(Shell)-Fishing For Great Whites

I love white Burgundy but, when it comes to the range of terroirs and producers, I frequently feel like I have barely scratched the surface.  More than this, the prices for Premier Cru and Grand Cru can often be a real obstacle to dipping one's toe in the waters without the fear of losing a limb. Driven by that combined feeling of naiveté and frugality,  I went fishing for some affordable Great Whites to taste.  So, I lined up two village wines from Olivier Leflaive (samples kindly provided by Southern Wines).  I have to say, I was truly looking forward to these wines.

In anticipation, I had encouraged (begged) my wife to prepare some wonderful steamed mussels and baguette. So while I opened the wine and allowed it to breathe, the kitchen was progressively bathed in the glorious smell of mussels, shallots, diced tomatoes and warm, fresh-baked baguette.

I pulled the corks on the Leflaive 2010 Meursault ($45 USD) and the 2011 Puligny-Montrachet ($60 USD).  Although Meursault can produce some of the richest and fullest whites in Burgundy, they are frequently delicate when they are young.
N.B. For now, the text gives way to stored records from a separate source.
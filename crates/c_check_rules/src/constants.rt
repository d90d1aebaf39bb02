//! Constants.

ghost use Rattle.std.specs.Prelude.{◌≡◌, ◌≤ℤ◌, ◌+ℤ◌, ◌-ℤ◌, ◌*ℤ◌, ◌*◌, ◌%◌, ◌^◌, ◌≤◌, unsigned_abs, true, ◌<◌, pos, negsuc, Some, not, false, int_div, int_rem};
ghost use Rattle.std.specs.Ordering.{int_eq};
ghost use Rattle.mx_base.specs.Numbers.{value_of, word_of as word_of_number, residue};
ghost use Rattle.mx_base.specs.declared.operators.Arithmetic.TheVariants.{Mul, Div, Rem, Add, Sub, Shl, Shr, BitAnd, BitXor, BitOr};
ghost use Rattle.mx_base.specs.declared.operators.Comparison.TheVariants.{Less, LessOrEqual, Equal, NotEqual};
ghost use Rattle.mx_base.specs.Operators.{compares, negated, inverted, is_zero, is_long as spec_is_long, has_no_quotient as spec_has_no_quotient, count_modulus as spec_count_modulus, word_arithmetic};
ghost use Rattle.c_check_rules.specs.Constants as spec;

use crate::kinds::Outer;
use c_tree::{BinaryOp, Logical, UnaryOp};
use mx_base::{Arithmetic, Comparison, IntKind, extend, wrap};

/// What an expression is as a constant: one by its 64-bit word, one whose division stops, or none.
#[derive(Clone, Copy, Debug)]
pub enum Constant {
    Value(u64),
    Stops,
    No,
}

/// The number of a type that the low bits of a word stand for.
#[tactic(auto, using(crate::proofs::Values::least_bound, crate::proofs::Values::greatest_bound, crate::proofs::Values::size_bound, crate::proofs::Values::narrow_bound), unfolding(mx_base::specs::Numbers::value_of, mx_base::specs::Numbers::wrapped, mx_base::specs::Numbers::residue))]
fn number(kind: IntKind, word: u64) -> i128
    ensures value { result ≡ value_of kind word }
    ensures low { negsuc 0x7fff_ffff_ffff_ffff ≤ℤ result }
    ensures high { result ≤ℤ pos 0xffff_ffff_ffff_ffff }
    ensures size { unsigned_abs result ≤ 0xffff_ffff_ffff_ffff }
    ensures narrow { spec.is_unsigned_long kind ≡ false → unsigned_abs result ≤ 0x8000_0000_0000_0000 }
{
    wrap(kind, word as i128)
}

/// The 64-bit word of a number.
#[tactic(auto, unfolding(mx_base::specs::Numbers::word_of, mx_base::specs::Numbers::residue))]
fn word_of(n: i128) -> u64
    ensures { result ≡ word_of_number n }
{
    n.rem_euclid(0x1_0000_0000_0000_0000) as u64
}

#[tactic(auto, unfolding(mx_base::specs::Operators::negated))]
fn negative(kind: IntKind, word: u64) -> u64
    ensures { result ≡ word_of_number (negated kind (value_of kind word)) }
{
    let n = number(kind, word);
    word_of(wrap(kind, 0 - n))
}

#[tactic(auto, unfolding(mx_base::specs::Operators::inverted))]
fn inverse(kind: IntKind, word: u64) -> u64
    ensures { result ≡ word_of_number (inverted kind (value_of kind word)) }
{
    let n = number(kind, word);
    word_of(wrap(kind, -1 - n))
}

#[tactic(auto, unfolding(mx_base::specs::Operators::is_zero))]
fn is_zero_word(kind: IntKind, word: u64) -> bool
    ensures { result ≡ is_zero (value_of kind word) }
{
    let n = number(kind, word);
    n == 0
}

fn truth_word(holds: bool) -> Constant
    ensures { result ≡ spec.truth_word holds }
{
    if holds {
        Constant::Value(1)
    } else {
        Constant::Value(0)
    }
}

fn unary_word(op: UnaryOp, kind: IntKind, word: u64) -> Constant
    ensures { result ≡ spec.unary_word op kind word }
{
    match op {
        UnaryOp::Neg => Constant::Value(negative(kind, word)),
        UnaryOp::BitNot => Constant::Value(inverse(kind, word)),
        UnaryOp::Not => truth_word(is_zero_word(kind, word)),
        UnaryOp::Deref | UnaryOp::AddressOf => Constant::No,
    }
}

/// `-`, `~` or `!` over a constant of a type.
pub fn fold_unary(op: UnaryOp, kind: IntKind, constant: Constant) -> Constant
    ensures { result ≡ spec.fold_unary op kind constant }
{
    match constant {
        Constant::Value(word) => unary_word(op, kind, word),
        Constant::Stops => Constant::Stops,
        Constant::No => Constant::No,
    }
}

fn truth(word: u64) -> Constant
    ensures { result ≡ spec.truth word }
{
    if word == 0 {
        Constant::Value(0)
    } else {
        Constant::Value(1)
    }
}

fn truth_of(constant: Constant) -> Constant
    ensures { result ≡ spec.truth_of constant }
{
    match constant {
        Constant::Value(word) => truth(word),
        Constant::Stops => Constant::Stops,
        Constant::No => Constant::No,
    }
}

fn both(word: u64, b: Constant) -> Constant
    ensures { result ≡ spec.both word b }
{
    if word == 0 {
        Constant::Value(0)
    } else {
        truth_of(b)
    }
}

fn either(word: u64, b: Constant) -> Constant
    ensures { result ≡ spec.either word b }
{
    if word == 0 {
        truth_of(b)
    } else {
        Constant::Value(1)
    }
}

fn logical(op: Logical, word: u64, b: Constant) -> Constant
    ensures { result ≡ spec.logical op word b }
{
    match op {
        Logical::And => both(word, b),
        Logical::Or => either(word, b),
    }
}

fn fold_logic(op: Logical, a: Constant, b: Constant) -> Constant
    ensures { result ≡ spec.fold_logic op a b }
{
    match a {
        Constant::No => Constant::No,
        Constant::Stops => match b {
            Constant::No => Constant::No,
            Constant::Value(_) => Constant::Stops,
            Constant::Stops => Constant::Stops,
        },
        Constant::Value(word) => match b {
            Constant::No => Constant::No,
            Constant::Value(_) => logical(op, word, b),
            Constant::Stops => logical(op, word, b),
        },
    }
}

fn fold_strict(op: BinaryOp, kind: IntKind, a: Constant, b: Constant) -> Constant
    ensures { result ≡ spec.fold_strict op kind a b }
{
    match a {
        Constant::No => Constant::No,
        Constant::Stops => match b {
            Constant::No => Constant::No,
            Constant::Value(_) => Constant::Stops,
            Constant::Stops => Constant::Stops,
        },
        Constant::Value(word) => match b {
            Constant::No => Constant::No,
            Constant::Stops => Constant::Stops,
            Constant::Value(by) => binary_word(op, kind, word, by),
        },
    }
}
I was intrigued by what I would encounter.

Leflaive 2010 Meursault  - Initially the Meursault appeared delicate but it was also a little too cold for my palate.  I know some like their whites to feel like they just stepped off a King Crab boat on the Bering Sea but I like mine a little less palate-shocking (60F).  When I returned to the glass, 20 minutes later, the aromatics had emerged. Lime and lemon zest (and pith) rolled over hints of white flowers, chalk and fern leaf. It almost reminded me of spring, despite the impending snow-storm outside.

The mouth feel was soft and round, and served as a great contrast to the wonderfully enthusiastic front of palate attack of bright acidity.   It was clean and bright, showing citrus, bitter apple pit, white peach, apricot, buttered toast and perhaps a little spice.  As it warmed up (and again on the second day) the palate was softer still, and showed progressively greater evidence of the buttered toast element. Think of it a little like the interplay of clarified butter and fresh lemon squeezed over freshly steamed Maine lobster. And now I’m hungry all over again. I fear weight loss is not in my future. In the land of ratings, the Leflaive 2010 Meursault definitely warrants an 89+ point score and should be readily found from any good Sommelier on the corner (fine wine store).  

It’s counterpart on this occasion, the 2011 Puligny-Montrachet - kicked things up another notch or two. The high quality of Chardonnay produced truly there reflects a rarity of nature not unlike winning the lottery. A viticulturists Powerball or sorts, driven by climate, soil and the topographical context (limestone soils, climate, drainage, altitude, aspect).  Vines grow on elevated slopes that orient them to catch the best of the available sunshine while simultaneously forcing them the reach their roots deep into the soil in search of water.

Right out of the blocks, the aromatics of the the Puligny were much more prominent than in the Meursault, creamier and accompanied by great spice (hazelnut, almond). The nose was wrapped up in an intriguing and very lovely world of lemon zest, pear and almost smoky, stone dust/chalky minerality. Given the choice, THIS is the aromatic cloud I want to walk through when I enter the department store (or open a Chardonnay) and not the viscous, musky overly perfumed mutton dressed as Corton. 

The palate displayed a lovely complexity, with spiced poached pears, meyer lemon and apricot. There was a little more vanillin evident here than in the Meursault but it was well balanced. The mouth feel was smooth, like suede, though not so soft that it seems flabby. It retained a taut and energetic feel.  It was mouthwatering, clean and cleansing but the acidity and less overtly aggressive than the Meursault, and helped drive a long finish with a focused fruit core. 

Both wines performed wonderfully well with the mussels, and would equally support that outstanding lobster I mentioned at the start.  However, I won’t wait until my next lobster meal to buy some more of these, especially when there are plenty of fresh mussels waiting to by devoured with fresh baguette.  If you pick up a bottle or two, I trust you will find something similarly fun and delicious to enjoy with them.  If not, drop me a note and I will share my wife’s recipe for mussels.

In my book, the Puligny garners a little extra love (90-92 points). The structure, focus and complexity just edged out that of the Meursault, despite the additional cost. Both, however, do pass the "would I buy more?" test. These are beautifully constructed food wines, and well worth exploration with your favorite seafood. Go catch your own Great White. Happy fishing!



Anonymous said…
Fabulous write-up! Great job again....
Unknown said…
Andy, you know Burgundy wine is a joy to drink. You give the reader an insider's peek into the joy of white Burgundy that many Americans have not experienced. Readers need to find these and break open a bottle to enjoy for themselves!

Well said.
Unknown said…
Cheers Greg, the more I delve into Burgundy, the more I realize how mush there is to explore - at (almost) all points on the price spectrum. I look forward to their continued exploration.